Aksi massa yang awalnya di gelar di depan Gedung DPR Senayan pada tanggal 25 Agustus lalu makin berkembang tak terkendali sampai hari ini 30 Agustus 2025.
Jujur, saya malas untuk membahas Demo di DPR dari sisi politik karena saya bukan seorang pengamat politik. Saya hanya seorang pensiunan buruh pabrik yang merasa senang ketika aksi unjuk rasa buruh pada 28 Agustus lalu berjalan damai.
Saya paham betul jika buruh akan mengadakan unjuk rasa dimanapun selalu dikoordinasi dengan baik. Dari mulai agenda aksi, transportasi, akomodasi, jam berangkat dan pulang sampai adanya petugas koordinator di setiap grup buruh.

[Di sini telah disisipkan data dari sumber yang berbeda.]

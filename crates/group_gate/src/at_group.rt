// A gate with groups as a hall of one caller.
ghost use Rattle.std.specs.Prelude.{◌≡◌};

use crate::gate::{GroupGate, GroupPass};
use arc_data::Event;
use arc_io::Disk;
use centre_core::{Batch, Done, GroupHall, Grouped, Hall, Setup, Stop};
use line_gate::GateName;
use std::alloc::Global;
use std::sync::Wait;

/// A caller at a gate with groups. It holds no lock between two calls.
#[derive(Drop)]
pub struct AtGroup<'a, R: Wait, D: Disk, N: GateName> {
    pub rt: &'a R,
    pub gate: &'a GroupGate<D, N>,
    pub pass: GroupPass<N>,
}

impl<'a, R: Wait, D: Disk, N: GateName> Hall for AtGroup<'a, R, D, N> {
    ghost use Rattle.line_gate.specs.AtGates.{gate_seen, at_legal, at_in_force};

    ghost seen = { λ a. gate_seen N.terms a.pass };

    ghost legal = { λ a b h w. at_legal N.terms a.pass b h w };

    ghost in_force = { λ a b h w. at_in_force N.terms a.pass b h w };

    /// Submits an event under the pass's number, as `GroupGate::submit` does.
    fn submit(&mut self, alloc: Global, event: Event, clock: u64) -> Result<Done, Stop> {
        self.gate
            .submit(self.rt, alloc, &mut self.pass, event, clock)
    }

    /// The setup in force.
    fn setup(&self) -> &Setup {
        self.gate.setup()
    }
}

impl<'a, R: Wait, D: Disk, N: GateName> GroupHall for AtGroup<'a, R, D, N> {
    ghost untold = { λ a b h event clock. tt };

    /// Submits events under the pass's number, as `GroupGate::submit_all` does.
    fn submit_all(&mut self, alloc: Global, batch: &mut Batch) -> Grouped {
        self.gate.submit_all(self.rt, alloc, &mut self.pass, batch)
    }
}

impl<'a, R: Wait, D: Disk, N: GateName> AtGroup<'a, R, D, N> {
    /// Gives the pass back.
    pub fn leave(self) -> GroupPass<N>
        ensures { result ≡ self.entry.pass }
    {
        let AtGroup {
            rt: _,
            gate: _,
            pass,
        } = self;
        pass
    }
}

Yang patut disayangkan dalam aksi massa beberapa hari ini adalah aksi anarkis yang dilakukan oleh oknum-oknum massa. Misalnya perusakan mobil-mobil yang parkir, pembakaran tujuh halte Transjakarta sampai pembakaran gedung DPRD di beberapa daerah.
Itu namanya bukan unjuk rasa tapi sudah dapat disebut sebagai kerusuhan massa!

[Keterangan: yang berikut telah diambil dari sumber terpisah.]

// What holds of each run of a link, whatever a program records of the run.

ghost use Rattle.tc_link.specs.AnyPast.{HoldsAfterAnyPast, EachGoesOnAsKept, ReportsDoAsFrames, RunsAsEvents};
ghost use Rattle.tc_link.specs.Bypass.{BypassKeepsOrder};
ghost use Rattle.tc_link.specs.Configured.{AlikeIsAsOne};
ghost use Rattle.tc_link.specs.Confirmed.{EachIsConfirmed, EachResumptionIsConfirmed};
ghost use Rattle.tc_link.specs.CountsOn.{KeepsWhatIsKnown};
ghost use Rattle.tc_link.specs.DeadLink.{EachNoticesSilence};
ghost use Rattle.tc_link.specs.Fates.{KnowsFates};
ghost use Rattle.tc_link.specs.FramesAgain.{EachComesAgain, EachGoesOnAgain, EachGoesOnUnchanged, EachIsAnswered};
ghost use Rattle.tc_link.specs.GroundSession.{EachCountsItsSubmissions, EachCountsSegments};
ghost use Rattle.tc_link.specs.GroundSession.{EachHoldsWhatIsNotAcknowledged};
ghost use Rattle.tc_link.specs.OneLink.{EachGoesOnAsOne, EachHasOneLink};
ghost use Rattle.tc_link.specs.OwnLoop.{EachAnswersAsALink, EachLoopIsALink, EachLoopIsSeen};
ghost use Rattle.tc_link.specs.OwnLoop.{EachLoopSeesTelemetry};
ghost use Rattle.tc_link.specs.Progress.{EachAcknowledges, EachBegins, EachEnds, EachIsDelivered};
ghost use Rattle.tc_link.specs.Progress.{EachMakesProgress};
ghost use Rattle.tc_link.specs.Promises.{HoldsOfAllRuns};
ghost use Rattle.tc_link.specs.Repeated.{RepeatsNothing, RepeatsNothingOfFrames};
ghost use Rattle.tc_link.specs.Resumable.{EachKnowsExactly};
ghost use Rattle.tc_link.specs.Resumed.{EachAnswersResuming, EachFailsOver, EachHasRoom};
ghost use Rattle.tc_link.specs.Resumed.{ResumesInOrder, ResumesSo, ShowsNoneByItself};
ghost use Rattle.tc_link.specs.Seen.{EachIsSeen};
ghost use Rattle.tc_link.specs.SeenBlocks.{EachBlockIsSeen};
ghost use Rattle.tc_link.specs.SentOnce.{EachIsSentOnce};
ghost use Rattle.tc_link.specs.Separate.{EachIsSeparate};
ghost use Rattle.tc_link.specs.Silence.{SilenceIsIdle};
ghost use Rattle.tc_link.specs.Silent.{GivesUpAloud, HoldsWhatIsNotAcknowledged};
ghost use Rattle.tc_link.specs.TypeB.{CountsTypeB};
ghost use Rattle.tc_link.specs.Taken.{EachAcceptsAtMost, HandsOutAsSubmitted, HandsOutWhatIsDelivered, HandsOutWhatIsSubmitted};

/// What `run` promises for each event holds for every configuration in its ranges and every list of events.
///
/// The rules of the two nodes and the link are enough, and no simulation needs to run. The promises therefore
/// hold of a program with a loop of its own, whose calls of the two nodes are events. The law takes no
/// memory.
pub fn law_of_sessions()
    ensures { HoldsOfAllRuns }
{}

/// What `run` promises for each event holds whatever came before the event (`promised`).
///
/// The past is a list of steps: events, takes of telemetry, and calls of `Ground::forget_telemetry`. Any
/// octets from outside the link may also reach either node. At any moment, and with anything in transit, a
/// new node may replace either node. A new spacecraft may have any kept numbers.
///
/// A new node ends the session. Octets from outside also end the session, except those that
/// `after_receiving`, `after_hearing` and `after_report` name. A session that begins later by an idle start
/// has every promise.
///
/// A list of events only is one of these lists of steps, and leads to the same world (`runs`).
///
/// A CLCW may arrive by itself, for example from a front end that passes on only CLCWs. This event does what
/// the CLCW's telemetry frame would do, except for telemetry, and is answered accordingly (`reports`).
///
/// A spacecraft that is restarted with its own numbers continues with the counts of telemetry frames, V(R)
/// and FARM-B (`restarts`).
pub fn law_of_any_past()
    ensures promised { HoldsAfterAnyPast }
    ensures reports { ReportsDoAsFrames }
    ensures runs { RunsAsEvents }
    ensures restarts { EachGoesOnAsKept }
{}

/// What is taken on board is what was delivered.
///
/// Let R be what was ready when a session began, T what `take` has delivered since, and N what is ready now.
/// On each MAP, T followed by N is R followed by what the session has delivered (`delivered`). This holds in
/// each run, whatever came before the session, until the next session begins.
///
/// Meanwhile telemetry may be taken, its extraction may begin again, and octets may come from outside the
/// link that leave the session as it is. On the ground, these octets bring no CLCW that the sender uses. On
/// board, these octets change nothing in the receiver except FARM-B. Examples are noise, frames of another
/// channel, Type-BD frames, and Type-AD frames that are answered Behind or Discarded. The frame that has just
/// arrived may also be repeated.
///
/// In a session that had an idle start, on each MAP, T is therefore a prefix of R followed by what is
/// submitted (`submitted`).
///
/// In a session that had an idle start, all MAPs have one order (`order`). Over all MAPs, each packet with
/// its MAP, T followed by N is R followed by a prefix of what is submitted. This prefix is in the order of
/// submission. In S1 with nothing outstanding, the prefix is everything submitted.
///
/// In S6, until a session begins, the spacecraft accepts at most as many more segments as Type-AD frames are
/// in transit on the uplink (`at_most`). This limit holds during the steps named above. With no Type-AD frame
/// in transit, the spacecraft accepts no more segments.
pub fn law_of_taking()
    ensures delivered { HandsOutWhatIsDelivered }
    ensures submitted { HandsOutWhatIsSubmitted }
    ensures order { HandsOutAsSubmitted }
    ensures at_most { EachAcceptsAtMost }
{}

/// A settled session is the history of only one plain link.
///
/// The records of the session and what is in transit determine this plain link, and its base modulo 256
/// (`one`).
///
/// While a settled session that had an idle start continues, its one plain link continues too (`goes_on`).
/// Each event advances the plain link by at most one step. Any steps that `law_of_taking` names advance the
/// plain link by a run.
pub fn law_of_plain_links()
    ensures one { EachHasOneLink }
    ensures goes_on { EachGoesOnAsOne }
{}

/// An alert keeps what is known: V(S) and NN(R) still count the segments that were sent and acknowledged.
///
/// The law holds from the beginning of a session that had an idle start, whatever came before the session,
/// until a directive sets V(S) (`link`). Meanwhile, the steps that `law_of_taking` names may happen. Let B be
/// V(S) at the beginning of the session. V(S) is B plus the number of segments sent since, modulo 256. NN(R)
/// is B plus the number of those segments that are acknowledged, modulo 256. V(S) therefore equals NN(R), in
/// S6 too, only if all that was sent is acknowledged.
///
/// The same holds of each ground by itself, in each session, until a directive sets V(S) (`each`). The
/// session may have begun in any way, and any CLCWs may reach the ground, from any spacecraft. What is
/// acknowledged is then as many segments as CLCWs have moved NN(R).
pub fn law_of_numbers()
    ensures link { KeepsWhatIsKnown }
    ensures each { EachCountsSegments }
{}

/// There is no deadlock, in any session. Once nothing more is lost, the ground returns an alert, or nothing
/// remains outstanding.
///
/// The law is about *exchanges*, in which nothing is lost (`exchange`). The exchanges begin in any world that
/// a run leads to. The run is as in `law_of_any_past`: any octets may have come from outside the link, and
/// new nodes may have replaced others.
///
/// While the sender is in S1 to S3, exchanges end with an alert, or with the sender in S1 and nothing
/// outstanding (`progress`). With nothing outstanding, in a session that had an idle start, everything
/// submitted is delivered. One exchange more than the window needs for what the ground holds is enough. Each
/// exchange after the first acknowledges as many units as the window has room for, or all, unless an alert is
/// raised (`acknowledges`).
///
/// Suppose that the session had an idle start by CLCW check, Unlock or Set V(R). Suppose also that the sender
/// is in S1 to S3, with its transmission count below its limit. Then no alert is raised, and everything
/// submitted is delivered (`delivered`).
///
/// Before the confirmation, exchanges end with an alert, or with the sender in S1 to S3 (`begins`). From any
/// state except S6, exchanges therefore end with an alert, or with the sender in S1 and nothing outstanding
/// (`ends`).
///
/// One exchange confirms an initiation by an idle start, and no alert is raised in this exchange
/// (`confirmed`). This holds of Unlock if V(R) = V(S), and of Set V(R) if the receiver is not in Lockout.
/// CLCW check requires that V(R) = V(S) and that neither the lockout nor the retransmit flag is set. One
/// exchange likewise confirms a resumption by the value of a CLCW that is made now (`resumed`).
///
/// In a session that had an idle start by CLCW check, Unlock or Set V(R), each segment is sent once (`once`).
/// The conditions are that no frame is lost or damaged on the uplink, no tick passes and the receiver never
/// waits.
pub fn law_of_progress()
    ensures progress { EachMakesProgress }
    ensures acknowledges { EachAcknowledges }
    ensures delivered { EachIsDelivered }
    ensures begins { EachBegins }
    ensures ends { EachEnds }
    ensures confirmed { EachIsConfirmed }
    ensures resumed { EachResumptionIsConfirmed }
    ensures once { EachIsSentOnce }
{}

/// Silence makes an idle start, after any past.
///
/// When the silence begins, nothing is in transit on the uplink. From then on the ground sends no frame, and
/// no octets from outside reach the spacecraft. The spacecraft is not replaced, and no packet is taken from
/// it while its wait flag is set. Anything else may happen, for example CLCWs, ticks, submissions,
/// directives, telemetry and a new ground node.
///
/// The link is idle when as many frames have arrived, or been lost or damaged, as were in transit on the
/// downlink at first. If an initiation then begins a session, the session has an idle start; without CLCW
/// check, this requires V(R) = V(S).
pub fn law_of_silence()
    ensures { SilenceIsIdle }
{}

/// A bypass packet is delivered at most once, and in order (`order`).
///
/// The law holds after any past and since any moment. The premise is that since that moment no octets from
/// outside the link reach the spacecraft. No session is needed, and any frame may be lost.
///
/// The packets *held* are those that wait on board, those in Type-BD frames in transit on the uplink, and
/// those that wait on the ground. The three groups come in this order. A new link holds none. Consider the
/// packets that `take_bypass` has delivered since some moment, followed by the packets held now. In order,
/// each with its MAP, these are some of the packets held at that moment, followed by some that the ground has
/// accepted since.
///
/// FARM-B increases by the number of Type-B frames that arrive, modulo 4 (`counted`). This holds whatever
/// else arrives, until a new spacecraft replaces this one.
///
/// Bypass packets and telemetry leave commanding as it is, after any past (`apart`). When a bypass packet is
/// submitted, sent, received or taken, the nodes change only in the bypass queue, the bypass packets on board
/// and FARM-B. When telemetry is queued or sent, they change only in what builds telemetry frames. So V(S),
/// NN(R), V(R), the flags, the segments and the records of the session stay the same.
pub fn law_of_bypass()
    ensures order { BypassKeepsOrder }
    ensures counted { CountsTypeB }
    ensures apart { EachIsSeparate }
{}

/// The last CLCW, when repeated, changes nothing.
///
/// A ground is given a CLCW by `clcw` after any calls. Other calls follow, and then `clcw` is given the same
/// four octets again (`words`). The second time, the ground is left as it was, raises no alert, and answers
/// the same about the CLCW.
///
/// The premise is that no call in between brings a CLCW that is used, begins a session, or sets the
/// transmission limit to 1. Noise, and frames and CLCWs of another channel, may arrive.
///
/// The same holds if the octets first arrived in a telemetry frame of the ground's channel (`frames`).
///
/// A front end that passes on its last CLCW again, until there is another, therefore does no harm to a
/// session.
pub fn law_of_repetition()
    ensures words { RepeatsNothing }
    ensures frames { RepeatsNothingOfFrames }
{}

Memang patut dimaklumi bahwa kerusuhan tersebut membesar setelah adanya insiden kecelakaan Pengemudi Ojol yang terlindas kendaraan taktis (Rantis) milik Brimob. Â
Kenapa saya sebut ini sebagai insiden kecelakaan, bukan kesengajaan atau tindakan pembunuhan seperti yang beredar di media sosial?
Mari sedikit saya bahas dari sisi pandangan seorang mantan driver taxi online.

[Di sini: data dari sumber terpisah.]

// Room for the longest packet: the spare buffer, if there is any.
#[inline(always)]
fn longest(
    alloc: Global,
    limits: &Limits,
    spare: &mut Option<Vec<u8>>,
) -> Result<Vec<u8>, AllocError>
    requires { HasLongest limits.now.max_packet spare.old }
    ensures octets { IfOk result (λ part. part.items ≡ []) }
    ensures room { IfOk result (λ part. limits.now.max_packet ≤ vec_capacity part) }
    ensures spare { HasLongest limits.now.max_packet spare.new }
{
    if let Some(mut room) = spare.take() {
        room.clear();
        return Ok(room);
    }
    Vec::with_capacity(alloc, limits.max_packet as usize)
}

// The part that a first segment opens, with room for the longest packet.
#[inline(always)]
fn begun(
    alloc: Global,
    limits: &Limits,
    spare: &mut Option<Vec<u8>>,
    octets: &[u8],
) -> Result<Vec<u8>, AllocError>
    requires { HasLongest limits.now.max_packet spare.old }
    ensures octets { IfOk result (λ part. part.items ≡ octets.now) }
    ensures room { IfOk result (λ part. limits.now.max_packet ≤ vec_capacity part) }
    ensures spare { HasLongest limits.now.max_packet spare.new }
{
    let mut part = longest(alloc, limits, spare)?;
    part.extend_from_slice(octets)?;
    Ok(part)
}

// A part followed by the data of the last segment.
#[inline(always)]
fn joined(alloc: Global, part: &[u8], octets: &[u8]) -> Result<Vec<u8>, AllocError>
    ensures { IfOk result (λ v. v.items ≡ part.now ++ octets.now) }
{
    let mut joined = Vec::with_capacity(alloc, part.len() + octets.len())?;
    let _ = joined.extend_from_slice(part);
    let _ = joined.extend_from_slice(octets);
    Ok(joined)
}

// A part that a last segment ends, judged as a whole.
#[inline(always)]
fn ended(alloc: Global, limits: &Limits, part: &[u8], octets: &[u8]) -> Result<Prepared, MapFault>
    ensures outcome { IfOk result (λ p. outcome_of p (Some part.now) octets.now
        ≡ packets_outcome None ((part.now ++ octets.now) ∷ [])
        (one_fault limits.now (part.now ++ octets.now))) }
    ensures change { IfOk result (λ p. p.change ≡ Change.Closed) }
    ensures list { IfOk result (λ p. p.list.items ≡ []) }
    ensures fault { IfErr result (λ e. e ≡ MapFault.Memory) }
{
    let Ok(joined) = joined(alloc, part, octets) else {
        return Err(MapFault::Memory);
    };
    let dropped = fault_of_one(limits, &joined);
    let mut packets = SmallVec::new(alloc);
    if dropped.is_none() {
        packets.push_reserved(joined);
    }
    Ok(Prepared {
        dropped,
        packets,
        change: Change::Closed,
        list: Vec::new(alloc),
    })
}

Jika dianalisa dari video yang beredar, terlihat jelas bahwa Rantis Brimob tersebut dikemudikan secara ugal-ugalan sebab dalam kondisi malam hari yang hanya diterangi lampu jalan, ramai orang dan suasana chaos, Rantis dikemudikan dengan kecepatan tinggi.
Kita memahami bahwa tindakan itu dilakukan untuk membubarkan massa. Tapi mengadu kendaraan lapis baja dengan manusia, itu adalah tindakan yang salah.
Setiap insiden kecelakaan, tentunya ada pihak yang bertanggung jawab. Dalam hal ini, tidak lain dan tidak bukan adalah Pengemudi Rantis tersebut. Karena, dari tampilan video, tidak ada kendaraan lain yang mengganggu Rantis tersebut ketika kecelakaan terjadi.